Identifying a Comparison Group 
In short, a matched-comparison group research design requires a matched-comparison group. For this, 


project staff relied on the work published in the 2014 internal memorandum to HISD Chief School Officers, 
“Identification of Homogenous School Clusters” (Chang, 2014; see Appendix B). For details on the 
advantages and tradeoffs of this approach, see the “Limitations” section of Appendix E. 

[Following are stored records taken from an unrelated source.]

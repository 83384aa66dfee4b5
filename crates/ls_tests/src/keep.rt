//! The numbered lines that are kept, at the edges of what may be kept. What a call requires is tested before it.
use ls_keep::{Keep, ResumeRefused};
use ls_value::{Bytes, GREATEST_NUMBER, NoMemory};
use std::alloc::Global;
use std::test::Fail;

/// Numbers a line where there is room, and answers its number, 0 where there is none.
fn push(keep: &mut Keep, text: Bytes) -> u64 {
    if keep.spare() == 0 {
        return 0;
    }
    if keep.last() >= GREATEST_NUMBER {
        return 0;
    }
    keep.push(text)
}

/// The same with a text whose memory may be that of the next blank one.
fn push_text(keep: &mut Keep, text: Vec<u8>) -> u64 {
    if keep.spare() == 0 {
        return 0;
    }
    if keep.last() >= GREATEST_NUMBER {
        return 0;
    }
    keep.push_text(text)
}

/// Gives the next line, and answers whether there was one.
fn mark(keep: &mut Keep) -> bool {
    if keep.sent() >= keep.last() {
        return false;
    }
    keep.mark();
    true
}

/// The one byte of the text of a line of this number.
fn byte_of(number: u64) -> u8 {
    (number % 251) as u8
}

/// Whether a text is that of a line of this number.
fn is_line(text: &[u8], number: u64) -> bool {
    match text {
        [byte] => *byte == byte_of(number),
        _ => false,
    }
}

/// Numbers a line of one byte, and answers whether it has the number behind the last one.
fn push_line(alloc: Global, keep: &mut Keep) -> Result<bool, NoMemory> {
    let next = keep.last().saturating_add(1);
    let text = Bytes::of(alloc, &[byte_of(next)])?;
    keep.reserve(1)?;
    Ok(push(keep, text) == next)
}

/// Numbers so many lines of one byte each, and answers whether all of them are.
fn push_lines(alloc: Global, keep: &mut Keep, lines: u64) -> Result<bool, NoMemory> {
    for _ in 0..lines {
        if !push_line(alloc, keep)? {
            return Ok(false);
        }
    }
    Ok(true)
}

/// Numbers a line of one byte in the memory of one before, and answers whether it has the number behind the last one.
fn push_blank(keep: &mut Keep) -> Result<bool, NoMemory> {
    let next = keep.last().saturating_add(1);
    keep.reserve(1)?;
    let mut text = keep.blank(1)?;
    text.push(byte_of(next))?;
    Ok(push_text(keep, text) == next)
}

/// Numbers so many pairs of lines of one byte each, the first in the memory of one before, and answers whether all of
/// them are.
fn push_pairs(alloc: Global, keep: &mut Keep, pairs: u64) -> Result<bool, NoMemory> {
    for _ in 0..pairs {
        let is_first = push_blank(keep)?;
        if !is_first || !push_line(alloc, keep)? {
            return Ok(false);
        }
    }
    Ok(true)
}

/// Gives the line of a number, and answers whether it is the next one, and told.
fn gives(keep: &mut Keep, number: u64) -> bool {
    mark(keep) && keep.sent() == number && is_line(keep.given(), number)
}

/// Whether a line is kept, with its own text.
fn has(keep: &Keep, number: u64) -> bool {
    match keep.get(number) {
        Some(text) => is_line(text, number),
        None => false,
    }
}

/// Whether of 600 lines each has its own text, wherever that lies.
fn have_own_texts(alloc: Global) -> Result<bool, NoMemory> {
    let mut keep = Keep::new(alloc)?;
    let is_numbered = push_pairs(alloc, &mut keep, 300)?;
    let is_first_told = has(&keep, 1) && has(&keep, 2) && has(&keep, 255);
    let is_last_told = has(&keep, 256) && has(&keep, 599) && has(&keep, 600);
    Ok(is_numbered && is_first_told && is_last_told && gives(&mut keep, 1))
}

#[test]
fn lines_have_their_own_texts(rt: HostRuntime) -> Result<(), Fail> {
    assert!(rt; have_own_texts(rt.alloc())?);
    Ok(())
}

/// Lines from 1 to a number, each given as it was numbered.
fn given_lines(alloc: Global, lines: u64) -> Result<Keep, Fail> {
    let mut keep = Keep::new(alloc)?;
    for number in 0..lines {
        let is_numbered = push_line(alloc, &mut keep)?;
        if !is_numbered || !gives(&mut keep, number + 1) {
            return Err(Fail::new("a line isn't given"));
        }
    }
    Ok(keep)
}

/// Whether nothing is kept at first, and `reserve` takes room.
fn begins(alloc: Global) -> Result<bool, NoMemory> {
    let mut keep = Keep::new(alloc)?;
    let none = keep.spare() == 0 && keep.last() == 0 && keep.sent() == 0 && keep.given_up() == 0;
    keep.reserve(3)?;
    Ok(none && keep.spare() >= 3 && keep.get(0).is_none() && keep.get(1).is_none())
}

/// Whether of three lines, two of which were given, the second is given again as a client has but the first; and no
/// line is given behind the last.
fn goes_back(alloc: Global) -> Result<bool, NoMemory> {
    let mut keep = Keep::new(alloc)?;
    let given = push_lines(alloc, &mut keep, 3)? && gives(&mut keep, 1) && gives(&mut keep, 2);
    let back = keep.resume(1).is_ok() && gives(&mut keep, 2) && gives(&mut keep, 3);
    let forth = keep.resume(0).is_ok() && keep.resume(3).is_ok() && !mark(&mut keep);
    Ok(given && back && forth && keep.given_up() == 0)
}

#[test]
fn lines_are_given_again(rt: HostRuntime) -> Result<(), Fail> {
    assert!(rt; begins(rt.alloc())? && goes_back(rt.alloc())?);
    Ok(())
}

/// Whether of 1,030 lines exactly the last 1,024 are kept.
fn are_last_kept(keep: &Keep) -> bool {
    keep.given_up() == 6
        && keep.last() == 1030
        && keep.get(6).is_none()
        && has(keep, 7)
        && has(keep, 1030)
        && keep.get(1031).is_none()
}

/// Whether a client of 1,030 lines that lacks a line that was given up, or has more lines, is refused.
fn refuses(keep: &mut Keep) -> bool {
    let early = keep.resume(5) == Err(ResumeRefused::GivenUp { first: 6 });
    let late = keep.resume(1031) == Err(ResumeRefused::Beyond { last: 1030 });
    early && late && keep.sent() == 1030
}

/// Whether a client goes on that has all 1,030 lines, or those that were given up.
fn resumes(keep: &mut Keep) -> bool {
    let all = keep.resume(1030).is_ok() && keep.sent() == 1030;
    all && keep.resume(6).is_ok() && gives(keep, 7) && keep.given_up() == 6
}

#[test]
fn the_last_lines_are_kept(rt: HostRuntime) -> Result<(), Fail> {
    let mut keep = given_lines(rt.alloc(), 1030)?;
    assert!(rt; are_last_kept(&keep));
    assert!(rt; refuses(&mut keep));
    assert!(rt; resumes(&mut keep));
    Ok(())
}

/// Numbers a line of so many bytes and gives it, and answers whether it was the next one.
fn gives_bytes(alloc: Global, keep: &mut Keep, bytes: usize) -> Result<bool, NoMemory> {
    let text = Bytes::from_vec(vec![in alloc; b'a'; bytes]?);
    keep.reserve(1)?;
    Ok(push(keep, text) > 0 && mark(keep) && keep.given().len() == bytes)
}

/// Whether two lines of so many bytes, each given as it was numbered, leave this given-up number.
fn leaves(alloc: Global, first: usize, second: usize, number: u64) -> Result<bool, NoMemory> {
    let mut keep = Keep::new(alloc)?;
    let one = gives_bytes(alloc, &mut keep, first)?;
    let both = gives_bytes(alloc, &mut keep, second)?;
    Ok(one && both && keep.given_up() == number)
}

#[test]
fn the_last_bytes_are_kept(rt: HostRuntime) -> Result<(), Fail> {
    for (first, second, number) in [
        (1, 262_142, 0),
        (1, 262_143, 0),
        (1, 262_144, 1),
        (1, 262_145, 2),
        (262_144, 0, 0),
        (262_145, 0, 1),
    ] {
        assert!(rt; leaves(rt.alloc(), first, second, number)?);
    }
    Ok(())
}

/// Whether of 2,000 lines none is given up before it was given, and then each but the last 1,024.
fn unsent_are_kept(alloc: Global) -> Result<bool, NoMemory> {
    let mut keep = Keep::new(alloc)?;
    if !push_lines(alloc, &mut keep, 2000)? || keep.given_up() > 0 {
        return Ok(false);
    }
    for number in 1..2001 {
        let given_up = if number < 976 { number } else { 976 };
        if !gives(&mut keep, number) || keep.given_up() != given_up {
            return Ok(false);
        }
    }
    Ok(true)
}

#[test]
fn a_line_is_given_up_only_as_it_is_given(rt: HostRuntime) -> Result<(), Fail> {
    assert!(rt; unsent_are_kept(rt.alloc())?);
    Ok(())
}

A “comparable school” was defined as a school serving the same grade levels, with similar enrollment size, 
and similar relationships between the following indicators in 2012-2013: Students identified as 
economically disadvantaged (%), students identified as at risk (%), annual student mobility rate (%), 
students who are zoned for the school (%), students identified as English Language Learners (%), students 
identified as African American, Hispanic, and White (%). Figure 4 illustrates the steps to identify the 
matched-comparison group from among the 283 schools in HISD during the grant period (2012-2017). 
e Step 1: From the 283 schools initially considered, drop the six schools that did not exist in the baseline 
year for student data (PEIMS, 2013). 
e Step 2: From the 277 remaining, drop 84 schools that did not meet initial criteria for inclusion: 
Did not serve grades K-8 (n=23) 
Did not have comparable schools in HISD (n=60). Note: Garden Oaks Montessori and Wilson 
Montessori (K—8) were both dropped from the analytic sample due to this step, even though 
they participated in the TIF4 programming. 
o Did not have three years of student data (n=1; Dodson Elementary was closed after 2013 and 
its zoned students incorporated into the nearby Blackshear Elementary) 
e Step 3: From the 193 remaining, drop 45 schools that were not comparable to the TIF4 schools. 
e Step 4: The remaining 148 schools comprise the analytic sample for this analysis: 21 TIF4 project 
schools (also “treatment”), and 127 comparison schools: 
o 132 elementary schools (18 TIF4 schools and 114 comparison) 
o 16 middle schools (3 TIF4 schools and 13 comparison) 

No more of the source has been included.